The benefits of this exercise are obvious:

  • you become much more resilient;
  • you spend a lot of calories;
  • lose excess weight;
  • improve muscle definition;
  • develop dexterity and coordination;
  • speed up your metabolism.

In addition, such moderate-intensity cardio training is very useful for the functioning of the cardiovascular system, since it normalizes blood pressure and trains a uniform breathing rhythm. Working with a moderately elevated heart rate (about 120 beats per minute) makes your heart muscle stronger and more resilient. It becomes much easier for her to cope with the entire volume of training load.

How to choose

Absolutely all brands that fill the market with sports goods produce jump ropes. Manufacturers such as Adidas, Everlast, HMS, Joerex, Kettler, Rdx, Reebok, Spokey, Tunturi, Vizavi especially stand out.

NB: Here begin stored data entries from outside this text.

//! Prints of scripts, worked out by hand.

use crate::cases::between;
use crate::parsing::read;
use mv_cases::accounts::{ADD, OTHERS};
use mv_cases::ensure::ensure;
use mv_print::print::print_script;
use std::alloc::Global;
use std::test::Fail;

fn prints(alloc: Global, script: &str, want: &str) -> Result<(), Fail> {
    let Ok(tree) = read(alloc, script)? else {
        return Err("no script".into());
    };
    let text = print_script(alloc, &tree, script.as_bytes())?;
    ensure(alloc, text.as_slice() == want.as_bytes(), want)
}

/// The texts before and after a case, and their prints.
type Frame = [&'static str; 4];

fn prints_within(alloc: Global, frame: &Frame, written: &str, want: &str) -> Result<(), Fail> {
    let script = between(alloc, frame[0], written, frame[1])?;
    let want = between(alloc, frame[2], want, frame[3])?;
    prints(alloc, script.as_str(), want.as_str())
}

fn print_as_told(alloc: Global, frame: &Frame, cases: &[(&str, &str)]) -> Result<(), Fail> {
    for (written, want) in cases {
        prints_within(alloc, frame, written, want)?;
    }
    Ok(())
}

const EXPRESSIONS: &[(&str, &str)] = &[
    ("((1 + 2)) * 3", "( 1 + 2 ) * 3"),
    ("3 + (1 * 2)", "3 + 1 * 2"),
    ("(1 - 2) - 3", "1 - 2 - 3"),
    ("3 || (1 - 2)", "3 || ( 1 - 2 )"),
    ("3 OR (1 OR 2)", "3 or ( 1 or 2 )"),
    ("(1 OR 2) AND 3", "( 1 or 2 ) and 3"),
    ("(1 < 2) = 3", "( 1 < 2 ) = 3"),
    ("LEFT(3, (1 OR 2))", "left ( 3 , 1 or 2 )"),
    ("-(1 * 2)", "- ( 1 * 2 )"),
    ("-(-1)", "- - 1"),
    ("NOT (1 <> 2)", "not 1 <> 2"),
    (
        "CONTAINS('it''s', TEXTOF(7))",
        "contains ( 'it''s' , textof ( 7 ) )",
    ),
    (":R.C % :x / a", ":r . c % :x / a"),
];

const PRINTED: Frame = [
    "CREATE PROCEDURE p () BEGIN PRINT ",
    "; END;",
    "create procedure p ( ) begin print ",
    " ;\nend ;\n",
];

/// How operators bind. The second of two expressions has all parentheses, and the same print as the first.
const BINDING: &[(&str, &str)] = &[
    ("a - b - c", "a - b - c"),
    ("((a - b) - c)", "a - b - c"),
    ("a - b * c % d", "a - b * c % d"),
    ("(a - ((b * c) % d))", "a - b * c % d"),
    ("(a - (b - c)) / -1", "( a - ( b - c ) ) / - 1"),
    ("((a - (b - c)) / (-1))", "( a - ( b - c ) ) / - 1"),
    (
        "NOT a = b AND c < 1 OR 'x' >= :Y",
        "not a = b and c < 1 or 'x' >= :y",
    ),
    (
        "(((NOT (a = b)) AND (c < 1)) OR ('x' >= :Y))",
        "not a = b and c < 1 or 'x' >= :y",
    ),
    ("1 OR 2 AND 3 OR 4", "1 or 2 and 3 or 4"),
    ("((1 OR (2 AND 3)) OR 4)", "1 or 2 and 3 or 4"),
    ("- -A || 'it''s'", "- - a || 'it''s'"),
    ("((-(-A)) || 'it''s')", "- - a || 'it''s'"),
    ("NOT NOT :R . Id", "not not :r . id"),
    ("(NOT (NOT (:R . Id)))", "not not :r . id"),
    (
        "LEFT(TEXTOF(-007), 2) <> ''",
        "left ( textof ( - 7 ) , 2 ) <> ''",
    ),
    (
        "(LEFT((TEXTOF((-(007)))), (2)) <> (''))",
        "left ( textof ( - 7 ) , 2 ) <> ''",
    ),
    (
        "CONTAINS('''', (((1)))) = :select",
        "contains ( '''' , 1 ) = :select",
    ),
    (
        "(CONTAINS((''''), (1)) = (:select))",
        "contains ( '''' , 1 ) = :select",
    ),
];

const STATEMENTS: &[(&str, &str)] = &[
    (
        "SELECT a, b INTO :x, :y FROM t WHERE id = (1 OR 2) + 3 AND b < 'c' ORDER BY id DESC, b OFFSET 2;",
        "select a , b into :x , :y from t where id = ( 1 or 2 ) + 3 and b < 'c' order by id desc , b offset 2 ;\n",
    ),
    (
        "SELECT COUNT(DISTINCT a) INTO :x FROM t;",
        "select count ( distinct a ) into :x from t ;\n",
    ),
    (
        "SELECT COUNT(*) INTO :x FROM t;",
        "select count ( * ) into :x from t ;\n",
    ),
    (
        "FOR :r IN SELECT DISTINCT a FROM t DO SET :x = 1; END FOR;",
        "for :r in select distinct a from t do set :x = 1 ;\nend for ;\n",
    ),
    (
        "FOR :r IN :m DO PRINT 1, 2; END FOR;",
        "for :r in :m do print 1 , 2 ;\nend for ;\n",
    ),
    (
        "IF 1 THEN ELSE SET :x = 1; END IF;",
        "if 1 then else set :x = 1 ;\nend if ;\n",
    ),
    (
        "INSERT INTO t VALUES (1, 'a');",
        "insert into t values ( 1 , 'a' ) ;\n",
    ),
    (
        "UPDATE t SET a = 1, b = a WHERE id = 3;",
        "update t set a = 1 , b = a where id = 3 ;\n",
    ),
    (
        "DELETE FROM t WHERE id >= 3;",
        "delete from t where id >= 3 ;\n",
    ),
    ("ROLLBACK 'no';", "rollback 'no' ;\n"),
];

const BODY: Frame = [
    "CREATE PROCEDURE p () BEGIN ",
    " END;",
    "create procedure p ( ) begin ",
    "end ;\n",
];

const ITEMS: &[(&str, &str)] = &[
    (
        "CREATE TABLE T (a INT, b TEXT(2), PRIMARY KEY (a, b)) VALUES (-7, 'a'), (7, '');",
        "create table t ( a int , b text ( 2 ) , primary key ( a , b ) ) values ( - 7 , 'a' ) , ( 7 , '' ) ;\n",
    ),
    (
        "CREATE TABLE t (a INT REFERENCES T, b TEXT(2) REFERENCES u, PRIMARY KEY (a));",
        "create table t ( a int references t , b text ( 2 ) references u , primary key ( a ) ) ;\n",
    ),
    (
        "CREATE PROCEDURE p (:b ROWS (a TEXT(20)), :c INT) DECLARE :x = 0; DECLARE :y = ''; BEGIN END;",
        "create procedure p ( :b rows ( a text ( 20 ) ) , :c int ) declare :x = 0 ; declare :y = '' ; begin end ;\n",
    ),
    (
        "CALL p(1, ROWS ((-7, 'a')), ROWS ());",
        "call p ( 1 , rows ( ( - 7 , 'a' ) ) , rows ( ) ) ;\n",
    ),
    ("COPY t <<\n1,2\n>>\n", "copy t <<\n1,2\n>>\n"),
    // An open block extends to the end.
    ("JOURNAL <<\nB 0\n", "journal <<\nB 0\n"),
];

const SCRIPT: Frame = ["", "", "", ""];

/// A script with each kind of item and of statement.
pub(crate) const EVERYTHING: &str = "
create TABLE acc (id INT REFERENCES acc, note TEXT(20), PRIMARY KEY (id, note)) VALUES (1, 'it''s'), (-2, '');
COPY acc <<
7,x
>>
CREATE PROCEDURE p (:a INT, :t TEXT(4), :r ROWS (id INT, note TEXT(20)))
  DECLARE :x = -1; DECLARE :y = ''; BEGIN
  SET :x = :a + 1;
  SELECT id, note INTO :x, :y FROM acc WHERE id = :a AND note <> '' ORDER BY note DESC, id ASC, id OFFSET :x;
  SELECT COUNT(DISTINCT note) INTO :x FROM acc WHERE id < 5;
  FOR :l IN SELECT id FROM acc ORDER BY id DO PRINT :l.id; END FOR;
  FOR :l IN SELECT DISTINCT note FROM acc DO END FOR;
  FOR :l IN :r DO ROLLBACK ''; PRINT 1; END FOR;
  IF :x > 1 THEN PRINT 1; ELSE PRINT 2; PRINT 3; END IF;
  INSERT INTO acc VALUES (:x, 'b');
  UPDATE acc SET note = 'c', id = id + 1 WHERE id = 1;
  DELETE FROM acc;
  PRINT :x, 2, 3;
  ROLLBACK 'no';
END;
CALL p(1, 'a', ROWS ((1, 'x'), (2, 'y')));
JOURNAL <<
B 0
";

/// Its print.
const EVERYTHING_PRINTED: &str =
    "create table acc ( id int references acc , note text ( 20 ) , primary key ( id , note ) ) values ( 1 , 'it''s' ) , ( - 2 , '' ) ;
copy acc <<
7,x
>>
create procedure p ( :a int , :t text ( 4 ) , :r rows ( id int , note text ( 20 ) ) ) declare :x = - 1 ; declare :y = '' ; begin set :x = :a + 1 ;
select id , note into :x , :y from acc where id = :a and note <> '' order by note desc , id , id offset :x ;
select count ( distinct note ) into :x from acc where id < 5 ;
for :l in select id from acc order by id do print :l . id ;
end for ;
for :l in select distinct note from acc do end for ;
for :l in :r do rollback '' ;
print 1 ;
end for ;
if :x > 1 then print 1 ;
else print 2 ;
print 3 ;
end if ;
insert into acc values ( :x , 'b' ) ;
update acc set note = 'c' , id = id + 1 where id = 1 ;
delete from acc ;
print :x , 2 , 3 ;
rollback 'no' ;
end ;
call p ( 1 , 'a' , rows ( ( 1 , 'x' ) , ( 2 , 'y' ) ) ) ;
journal <<
B 0
";

/// Calls among comments and empty lines.
const CALLS: &str = "-- Calls
CALL add(1, 5); -- 1, 2, 3, 4

CALL transfer (1, 2, -7);                                         -- 5
";

/// The print of the script of accounts with these calls.
const ACCOUNTS_PRINTED: &str =
    "create table acc ( id int , bal int , note text ( 20 ) , primary key ( id ) ) values ( 0 , 0 , '' ) , ( 1 , 100 , '' ) , ( 2 , 100 , '' ) , ( 3 , 100 , '' ) , ( 4 , 100 , '' ) ;
create procedure add ( :a int , :x int ) declare :b = 0 ; begin select bal into :b from acc where id = :a ;
set :b = :b + :x ;
update acc set bal = :b where id = :a ;
print :b ;
end ;
create procedure transfer ( :a int , :c int , :x int ) declare :b = 0 ; begin select bal into :b from acc where id = :a ;
if :b < :x then rollback 'no funds' ;
end if ;
update acc set bal = bal - :x where id = :a ;
update acc set bal = bal + :x where id = :c ;
update acc set bal = bal + 1 where id = 0 ;
end ;
create procedure mark ( :a int , :t text ( 20 ) ) begin update acc set note = :t where id = :a ;
end ;
create procedure put ( :k int , :v int ) begin insert into acc values ( :k , :v , '' ) ;
end ;
create procedure rich ( ) declare :n = 0 ; begin select count ( * ) into :n from acc where bal >= 100 ;
print :n ;
end ;
create procedure tell ( ) declare :b = 0 ; declare :x = 0 ; declare :z = 0 ; begin select bal into :b from acc where id = 1 ;
if :b > 100 then set :x = 1 ;
end if ;
select bal into :z from acc where id = 2 ;
print :x ;
print :z ;
end ;
call add ( 1 , 5 ) ;
call transfer ( 1 , 2 , - 7 ) ;
";

/// Whole scripts and their prints. A print is its own print.
const WHOLE: &[(&str, &str)] = &[
    (EVERYTHING, EVERYTHING_PRINTED),
    (EVERYTHING_PRINTED, EVERYTHING_PRINTED),
    (ACCOUNTS_PRINTED, ACCOUNTS_PRINTED),
    (" -- nothing\n", ""),
];

/// The frames of scripts, and what is written in each.
const TABLES: &[(Frame, &[(&str, &str)])] = &[
    (PRINTED, EXPRESSIONS),
    (PRINTED, BINDING),
    (BODY, STATEMENTS),
    (SCRIPT, ITEMS),
    (SCRIPT, WHOLE),
];

#[test]
fn scripts_are_printed(rt: HostRuntime) -> Result<(), Fail> {
    for (frame, cases) in TABLES {
        print_as_told(rt.alloc(), frame, cases)?;
    }
    let accounts = between(rt.alloc(), ADD, OTHERS, CALLS)?;
    prints(rt.alloc(), accounts.as_str(), ACCOUNTS_PRINTED)
}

You can buy a jump rope of any category and any brand in almost any sporting goods store or at flea markets. But if you are too lazy to go to the store or don’t have time, you can order in online stores, online auctions or forums. The price for such an element of sports equipment varies from 200 (standard) to 1,500 rubles (stuffed with all kinds of counters or other accessories for productive training).

You should choose a jump rope based on several parameters:

  • cord length;
  • cord material, its wear resistance;
  • handle material;
  • comfortable handles from an ergonomic point of view;
  • number of accessories.

If you just want to start working with a jump rope, it is recommended to choose a classic jump rope, without any “bells and whistles”, suitable for your height (height and length comparisons are given above), with comfortable handles that provide good grip.

Athletes with some training experience can already identify their weaknesses in technique or lagging muscles. Such athletes have the right to choose more “advanced” jump ropes, with different types of weights or counters.

Features of the exercise

Of course, to achieve optimal results, jumping rope technique is paramount. At first glance, there are no special technical subtleties here:

  • we land on our toes;
  • keep your back straight and press your elbows close to your body;
  • twist the hands synchronously with the jump rope;
  • we work at the same speed;
  • We try to maintain the same breathing rate.

But everything is simple only during the first 50-100 repetitions. After this, a real nightmare begins for an unprepared athlete. Your legs give way, sweat fills your eyes, your calf muscles become clogged, and it becomes simply impossible to jump normally. The athlete begins to constantly hit his shins with a jump rope, the pace is completely off. This is why the technique needs to be constantly practiced. Then you won’t have such problems, and CrossFit classes will be much more productive, and jumping rope will be easier with each workout.

What is more effective: jumping rope or running?

A jump rope can be a good alternative to running if for some reason running is not possible. But if you want to achieve impressive results for an amateur, cross-training with a jump rope will strengthen and strengthen what is little used during running.

Is it stormy outside? Replace running training with jumping training. Are you bothered by a running injury and have had to give up running? Jump rope unless injury prevents you from doing so. Have you been busy all day with business, and you no longer have the strength to go for a run at such a late hour? There is nothing wrong with sometimes jumping rope instead of jogging.

Unfortunately, it will not be possible to completely replace running with a jump rope, but this only applies to those runners who want improved results. If you ran for fun or to lose weight, without planning to participate in competitions, jumping rope is a very good activity for a sedentary lifestyle.

What else can you do instead of running, we talked about in this article.